The 2014 MLB Draft is only a couple weeks away, so the Pinstripe Alley staff is taking this opportunity to look back at Yankees' draft classes in recent years to see how they have performed. Andrew reviewed the 2009 class on Monday and Jesse looked at the 2010 draft class yesterday. Today we move on to the 2011 class to see how some of those notable draftees have done in three years as professionals.

1st round: Dante Bichette Jr.

3B, Orangewood Christian HS (Maitland, FL), 51st overall

The Yankees selected the son of MLB All-Star Dante Bichette with their first pick in the 2011 draft. Bichette Jr. was committed to the University of Georgia but passed up the opportunity to become a Bulldog to sign with the Yankees out of high school. At the time of the draft, Yankees vice president Damon Oppenheimer praised Bichette Jr.'s power potential that could maybe one day have him slotted into the middle of the Yankees' lineup. DBJ rewarded the team's faith in him by raking in his time with the Gulf Coast League Yankees. Unfortunately, the raking ended there.
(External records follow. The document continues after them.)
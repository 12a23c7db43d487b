//! The report of the units that conform to a quantity.

ghost use Rattle.std.specs.Prelude.{◌≡◌, ◌++◌, [], IfErr, IfOk, OnOk, if◌then◌else◌};
ghost use Rattle.std.specs.List.{flat_map};
ghost use Rattle.std.specs.Option.{option_map};
ghost use Rattle.def_entry.specs.declared.key.Kind.TheVariants as kinds;
ghost use Rattle.deck.specs.KeyLists.{deck_keys_of_kind};
ghost use Rattle.deck.specs.PlacedKeys.{deck_key_at_place, deck_keys_at_places};
ghost use Rattle.deck.specs.Tables as tables;
ghost use Rattle.expr_tree.specs.Syntax.{Word};
ghost use Rattle.expr_tree.specs.Trees.{syntax};
ghost use Rattle.live_table.specs.Calls.{AreLiveQueries};
ghost use Rattle.live_table.specs.TableView.{IsRightLiveView};
ghost use Rattle.survey.specs.Conformable as spec;
ghost use Rattle.survey.specs.Places.{conformable_unit_at_place, search_hits_of_key};
ghost use Rattle.survey.specs.Rows.{search_hit_row_of_key};

use crate::rows::{put_row_there, rows_or_none};
use deck::Deck;
use def_entry::Kind;
use expr_tree::Tree;
use live_table::LiveTable;
use quantity::Quantity;
use std::alloc::{AllocError, Global};
use std::sync::ledger::Ledger;
use units_io::{Steps, Text};

/// A search for the units whose values conform to `from`, among those whose lines are at these places.
#[derive(Clone, Copy)]
pub(crate) struct UnitSearch<'a> {
    pub(crate) from: &'a Quantity,
    pub(crate) places: &'a [usize],
}

/// Returns a row for each unit whose value conforms to `from`, in the order of keys, or one line that says that there
/// is none. Queries each unit. Does not change the deck. The only error is running out of memory.
pub fn conformable_report<L: Ledger>(
    alloc: Global,
    table: &mut LiveTable,
    from: &Quantity,
    steps: &mut Steps<L>,
) -> Result<Text, AllocError>
    ensures report { IfOk result
        (λ text. text ≡ spec.conformable_report (tables.table_of_deck table.old.deck) from.now) }
    ensures queries { AreLiveQueries (spec.conformable_queries (tables.table_of_deck table.old.deck)) result
        table.old table.new steps.old steps.new }
    ensures deck { table.new.deck ≡ table.old.deck }
{
    let places = table.deck().key_places(alloc)?;
    let mut rows = Vec::new(alloc);
    let search = UnitSearch {
        from,
        places: places.as_slice(),
    };
    search.put_rows(alloc, &mut rows, table, steps)?;
    rows_or_none(rows)
}

impl UnitSearch<'_> {
    // Appends a row for each unit whose value conforms.
    fn put_rows<L: Ledger>(
        &self,
        alloc: Global,
        rows: &mut Vec<u8>,
        table: &mut LiveTable,
        steps: &mut Steps<L>,
    ) -> Result<(), AllocError>
        requires { IsRightLiveView table.old }
        ensures rows { OnOk result (rows.new.items ≡ rows.old.items
            ++ flat_map (spec.conforming_row (tables.table_of_deck table.old.deck) self.now.from.now)
            (deck_keys_of_kind kinds.Unit (deck_keys_at_places table.old.deck.lines self.now.places.now))) }
        ensures queries { AreLiveQueries
            (spec.unit_queries (tables.table_of_deck table.old.deck)
            (deck_keys_at_places table.old.deck.lines self.now.places.now))
            result table.old table.new steps.old steps.new }
        ensures deck { table.new.deck ≡ table.old.deck }
    {
        for place in self.places {
            self.put_row_at(alloc, rows, table, *place, steps)?;
        }
        Ok(())
    }

    // Appends the row of the unit at `place`, if there is one and its value conforms.
    fn put_row_at<L: Ledger>(
        &self,
        alloc: Global,
        rows: &mut Vec<u8>,
        table: &mut LiveTable,
        place: usize,
        steps: &mut Steps<L>,
    ) -> Result<(), AllocError>
        requires { IsRightLiveView table.old }
        ensures rows { OnOk result (rows.new.items ≡ rows.old.items
            ++ search_hits_of_key (spec.conforming_row (tables.table_of_deck table.old.deck) self.now.from.now)
            (conformable_unit_at_place table.old.deck place)) }
        ensures queries { AreLiveQueries
            (search_hits_of_key (λ k. (spec.value_of_unit (tables.table_of_deck table.old.deck) k).events)
            (conformable_unit_at_place table.old.deck place)) result table.old table.new steps.old steps.new }
        ensures deck { table.new.deck ≡ table.old.deck }
    {
        let Some(word) = unit_word(alloc, table.deck(), place)? else {
            return Ok(());
        };
        let found = table.value_if_any(alloc, &word, steps);
        put_if_conforming(rows, table.deck(), place, self.from, &found)
    }
}

// Returns the word of the unit that the line at `place` defines, or `None` if it defines no unit.
fn unit_word(alloc: Global, deck: &Deck, place: usize) -> Result<Option<Tree>, AllocError>
    ensures { IfOk result (λ word. option_map syntax word
        ≡ option_map (λ k. Word k.name) (conformable_unit_at_place deck.now place)) }
{
    let Some(key) = deck.key_at(place) else {
        return Ok(None);
    };
    match key.kind {
        Kind::Unit => Ok(Some(Tree::Word(Text::from_bytes(alloc, key.name)?))),
        _ => Ok(None),
    }
}

// Appends the row of the key at `place` if its value `found` conforms to `from`. The only error is running out of
// memory, here or in `found`.
fn put_if_conforming(
    rows: &mut Vec<u8>,
    deck: &Deck,
    place: usize,
    from: &Quantity,
    found: &Result<Option<Quantity>, AllocError>,
) -> Result<(), AllocError>
    ensures row { OnOk result (IfOk found.now (λ value. rows.new.items ≡ rows.old.items
        ++ (if spec.is_conformable_value from.now value
        then search_hits_of_key (search_hit_row_of_key (tables.table_of_deck deck.now))
        (deck_key_at_place deck.now.lines place) else []))) }
    ensures memory { OnOk result (IfErr found.now (λ _. ⊥)) }
{
    match found {
        Ok(Some(x)) => put_row_if(rows, x.conforms(from), deck, place),
        Ok(None) => Ok(()),
        Err(_) => Err(AllocError),
    }
}

// Appends the row of the key at `place`, if it is wanted.
fn put_row_if(rows: &mut Vec<u8>, wanted: bool, deck: &Deck, place: usize) -> Result<(), AllocError>
    ensures { OnOk result (rows.new.items ≡ rows.old.items
        ++ (if wanted then search_hits_of_key (search_hit_row_of_key (tables.table_of_deck deck.now))
        (deck_key_at_place deck.now.lines place) else [])) }
{
    if !wanted {
        return Ok(());
    }
    put_row_there(rows, deck, place)
}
Bichette struggled to find the same Rookie Ball success after being promoted to Low-A Charleston in 2012. His .248/.322/.331 batting line was well below the .335/.400/.507 marks he had achieved in the GCL. Bichette repeated the level in 2013 with even worse results than the year before, with his batting average dropping down to .211 for the year despite coming into the season ranked #9 in the Yankees' system by MLB.com. Though it looks like DBJ may be another failed first round selection by the Yankees, he has shown signs of progress in 2014 with the High-A Tampa Yankees. In 42 games so far this season, DBJ is hitting .263/.358/.401 with three home runs. Those aren't numbers like he had in Rookie Ball, but they are markedly better than what he showed in his time with the RiverDogs. Bichette has been mostly displaced at third base by 2013 first rounder Eric Jagielo, and has instead been getting the majority of his playing time at DH.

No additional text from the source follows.